Multivariate analysis showed that HRT was an independent prognostic factor—a completely new finding, according to Dr. Diel. Patients who had not used HRT had a significantly increased incidence of bone metastases (14% vs 3% in HRT users), lung metastases (9% vs 3%), and liver metastases (9% vs 4%). Dr. Diel said that metastases were present at the time of surgery in 16 patients who had not used HRT, whereas these "primary" metastases were present in only two women who were HRT users.

Dr. Diel noted that smaller, less aggressive tumors could not entirely explain the survival advantage conferred by HRT use. In turn, he proposed several hypotheses to explain the lower risk of metastases in HRT users.

"Bone marrow is a pool for disseminated hematogenous tumor cells and the bone matrix is full of previously stored growth factors, which could have an effect on tumor cells if they are released. These growth factors could be very important for the settlement and proliferation of tumor cells in the bone marrow," Dr. Diel explained.

"Our hypothesis is that HRT normalizes activated bone turnover until the day of diagnosis or the day of removal of the primary tumor."

Familiar ‘Vicious Cycle’

Dr. Diel outlined the familiar "vicious cycle" between metastatic cells and bone.

"We know that if a bone metastasis grows, it releases osteolytic factors, and these osteolytic factors activate osteoclasts," he said, "[through bone destruction], previously stored growth factors could be released and may have a proliferative effect on metastases."

With HRT, as with other osteoprotective treatments like bisphosphonates, he added, "we treat the soil for tumor-seeding cells." Clodronate, for example, has been shown to reduce the number of subsequent metastases and to prolong overall survival, a property recently confirmed (Diel et al: N Engl J Med 339:357-363, 1998; Powles et al: J Clin Oncol 20: 3219-3224, 2002).
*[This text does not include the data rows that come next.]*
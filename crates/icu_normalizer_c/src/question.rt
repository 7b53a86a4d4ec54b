//! Questions about inputs.
ghost use Rattle.std.specs.Prelude.{◌≡◌, ℕ, List};
ghost use Rattle.icu_normalizer.specs.Checks.{AnswersOf};
ghost use Rattle.icu_normalizer.specs.Forms.{MadeForm};
ghost use Rattle.icu_normalizer_c.specs.Buffers.{Reports};
ghost use Rattle.icu_normalizer_c.specs.Calls.{AtForm, Over};
ghost use Rattle.normalizer_handles.specs.Handles.{held_normalizers};
ghost use Rattle.normalizer_handles.specs.Status.{IsStatus};
ghost use Rattle.icu_normalizer.specs.AnyNormalizers.{made_by_borrowed};

use icu_normalizer::{AnyNormalizerBorrowed, NormalizeError};
use normalizer_handles::{Fault, Handle, Normalizers, status};
use std::alloc::Global;

/// A question about an input at a form.
pub(crate) trait Question {
    type Answer: Copy;

    /// What the input decodes to.
    ghost text: { Self → List ℕ };

    /// Which results are right.
    ghost is: { Self → MadeForm → Self.Answer → Type 0 };

    fn ask(&self, normalizer: &AnyNormalizerBorrowed<'_>) -> Result<Self::Answer, NormalizeError>
        ensures { AnswersOf (made_by_borrowed normalizer.now) (text self.now)
            (is self.now (made_by_borrowed normalizer.now)) result };
}

/// Reports the result of a question at a form of the normalizers of a handle, and returns the status.
pub(crate) fn report<Q: Question>(
    alloc: Global,
    handle: &mut Handle,
    form: u32,
    question: &Q,
    reported: &mut Q::Answer,
) -> u32
    ensures status { IsStatus result (Over (held_normalizers handle.old) form (reported.new ≡ reported.old) (λ m.
        Reports m (Q.text question.now) (Q.is question.now m) reported.old reported.new)) }
    ensures kept { held_normalizers handle.new ≡ held_normalizers handle.old }
{
    status(report_over(alloc, handle, form, question, reported))
}

fn report_over<Q: Question>(
    alloc: Global,
    handle: &mut Handle,
    form: u32,
    question: &Q,
    reported: &mut Q::Answer,
) -> Result<(), Fault>
    ensures over { Over (held_normalizers handle.old) form (reported.new ≡ reported.old) (λ m.
        Reports m (Q.text question.now) (Q.is question.now m) reported.old reported.new) result }
    ensures kept { held_normalizers handle.new ≡ held_normalizers handle.old }
{
    let owner = handle.take(alloc)?;
    let outcome = report_at(&owner.normalizers, form, question, reported);
    handle.put(owner);
    outcome
}

fn report_at<Q: Question>(
    normalizers: &Normalizers,
    form: u32,
    question: &Q,
    reported: &mut Q::Answer,
) -> Result<(), Fault>
    ensures { AtForm normalizers.now form (reported.new ≡ reported.old) (λ m.
        Reports m (Q.text question.now) (Q.is question.now m) reported.old reported.new) result }
{
    let normalizer = normalizers.numbered(form)?;
    report_by(&normalizer, question, reported)
}

fn report_by<Q: Question>(
    normalizer: &AnyNormalizerBorrowed<'_>,
    question: &Q,
    reported: &mut Q::Answer,
) -> Result<(), Fault>
    ensures { Reports (made_by_borrowed normalizer.now) (Q.text question.now)
        (Q.is question.now (made_by_borrowed normalizer.now)) reported.old reported.new result }
{
    *reported = question.ask(normalizer)?;
    Ok(())
}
Dr. Diel noted that in Heidelberg study population, premenopausal or perimenopausal patients had a higher incidence of bone metastasis—a finding that might be explained by the rapid bone turnover that takes place between the ages of 45 and 55. During this time of activated osteoclast bone turnover, some women may be at very high risk not only of developing osteoporosis but also of hosting tumor cells if they have breast cancer.

"Healthy bone is an infertile soil for tumor-seeding cells," Dr. Diel said. "It seems to be important to avoid activated bone metabolism due to cancer treatment. Cancer treatment-induced osteoporosis is an important issue, and we are responsible for this long-term side effect."

"It’s important that we perform studies in which we use osteoprotective substances to avoid this long-term side effect," he continued. "Osteoprotective substances, like estrogen, clodronate and other bisphosphonates, maybe the selective estrogen receptor modulators (SERMs), or other substances, could be useful in the prophylaxis of tumor therapy-induced osteoporosis and maybe for bone metastasis as well."